Proper network segmentation is essential for organizing workloads and securing traffic in Nutanix AHV. With acli and Bash, you can define and deploy VLAN-backed networks at scale, ensuring consistency across environments. This guide automates the creation of virtual networks using a repeatable, script-driven approach.


My Personal Repository on GitHub

Nutanix Repository on GitHub


Diagram: Network Provisioning Flow


Example YAML: networks.yaml

networks:
- name: VLAN10
vlan_id: 10
bridge: br0
- name: VLAN20
vlan_id: 20
bridge: br0

Bash Script: nutanix_network_create.sh

#!/usr/bin/env bash
set -euo pipefail

yq_bin="yq" # Ensure yq is installed
spec="networks.yaml"
log="/var/log/nutanix_networks_$(date +%F).log"

for i in $(yq e '.networks | keys | .[]' "$spec"); do
name=$(yq e ".networks[$i].name" "$spec")
vlan=$(yq e ".networks[$i].vlan_id" "$spec")
bridge=$(yq e ".networks[$i].bridge" "$spec")

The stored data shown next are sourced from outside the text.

ghost use Rattle.std.specs.Prelude.{◌≡◌, false, IfOk, OnErr};
ghost use Rattle.p9_manual.specs.History.{IsLegal, with_entry};
ghost use Rattle.p9_laws.specs.RunReplies.{reply_at};
ghost use Rattle.p9_run.specs.Over.{StaysOver};
ghost use Rattle.p9_machine.specs.Shown.{rooms_after};

use crate::engine::Engine;
use p9_laws::running::{
    fitting_effects_are_noted, over_stays_over, posted_calls_are_taken, running_threads_live,
    taken_calls_are_begun, turns_go_to_living_threads,
};
use p9_machine::Machine;
use p9_word::{Effect, Event, IoCall, NoMemory, Reply, Request, Room, Seat, Tid, Trail};

/// A machine that was not halted.
#[derive(Drop)]
pub(crate) struct RunningMachine {
    machine: Machine,
    ghost running: { machine.halted ≡ false },
}

impl RunningMachine {
    ghost use Rattle.p9_manual.specs.History.{IsLegal};

    /// A machine that is run by rounds. They never halt it.
    pub(crate) fn new(machine: Machine) -> RunningMachine
        requires { machine.halted ≡ false }
        ensures { result.machine ≡ machine }
    {
        RunningMachine { machine }
    }

    /// All that happened, of a machine that is done with.
    pub(crate) fn into_trail(self) -> Trail
        ensures entries { result.entries.items ≡ self.machine.entries }
        ensures procs { result.procs ≡ self.machine.setup.procs }
        ensures start { result.start ≡ self.machine.setup.start }
        ensures legal { IsLegal self.machine.setup self.machine.entries }
    {
        let RunningMachine { machine } = self;
        machine.into_trail()
    }
}

/// One event, for which memory is taken first. It is inlined so that each kind of event is compiled by itself: the hint is dropped
/// where the steps that are inlined here grow large, and then an event costs half as much again.
#[inline(always)]
fn one_event(machine: &mut Machine, seat: Seat, event: Event) -> Result<Reply, NoMemory>
    requires running { machine.old.halted ≡ false }
    ensures running { machine.new.halted ≡ false }
    ensures setup { machine.new.setup ≡ machine.old.setup }
    ensures legal { IsLegal machine.old.setup machine.old.entries }
    ensures reply { IfOk result (λ r. r ≡ reply_at machine.old.setup machine.old.entries seat event) }
    ensures entries { IfOk result (λ r. machine.new.entries ≡ with_entry machine.old.entries seat event r) }
    ensures rooms { IfOk result (λ r. machine.new.rooms ≡ rooms_after seat r machine.old.rooms) }
    ensures refused { OnErr result (machine.new.entries ≡ machine.old.entries) }
    ensures over { StaysOver (reply_at machine.old.setup machine.old.entries) (reply_at machine.new.setup machine.new.entries) }
{
    over_stays_over();
    machine.trail();
    machine.reserve(seat, &event)?;
    Ok(machine.apply(seat, event))
}

impl Engine for RunningMachine {
    ghost setup = { λ m. m.machine.setup };

    ghost entries = { λ m. m.machine.entries };

    fn next(&mut self, p: u32) -> Result<Reply, NoMemory> {
        turns_go_to_living_threads();
        one_event(&mut self.machine, Seat::Proc(p), Event::Next)
    }

    fn call(&mut self, p: u32, t: Tid, request: Request) -> Result<Reply, NoMemory> {
        running_threads_live();
        one_event(&mut self.machine, Seat::Proc(p), Event::Call(t, request))
    }

    fn take(&mut self, k: u32) -> Result<Option<(IoCall, Room<u8>)>, NoMemory> {
        posted_calls_are_taken();
        taken_calls_are_begun();
        self.machine.files();
        match one_event(&mut self.machine, Seat::Io(k), Event::IoTake)? {
            Reply::Took(call) => {
                let room = self.machine.room(k);
                Ok(Some((call, room)))
            }
            _ => Ok(None),
        }
    }

    fn did(&mut self, k: u32, effect: Effect) {
        fitting_effects_are_noted();
        self.machine.apply(Seat::Io(k), Event::IoDid(effect));
    }
}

echo "[$(date)] Creating network: $name VLAN:$vlan BRIDGE:$bridge" | tee -a "$log"
acli net.create "$name" vlan=$vlan vswitch_name=$bridge
done

Validation Script (Optional)

List all networks to verify:

acli net.list

Schedule via Cron (for dry-run testing)

0 6 * * 1 /usr/local/bin/nutanix_network_create.sh

Good for lab environments or bootstrapping new sites.


Best Practices


Summary

Using Bash and acli, you can standardize and automate the creation of virtual networks on Nutanix AHV. This reduces manual errors, speeds up provisioning, and integrates well with infrastructure-as-code pipelines.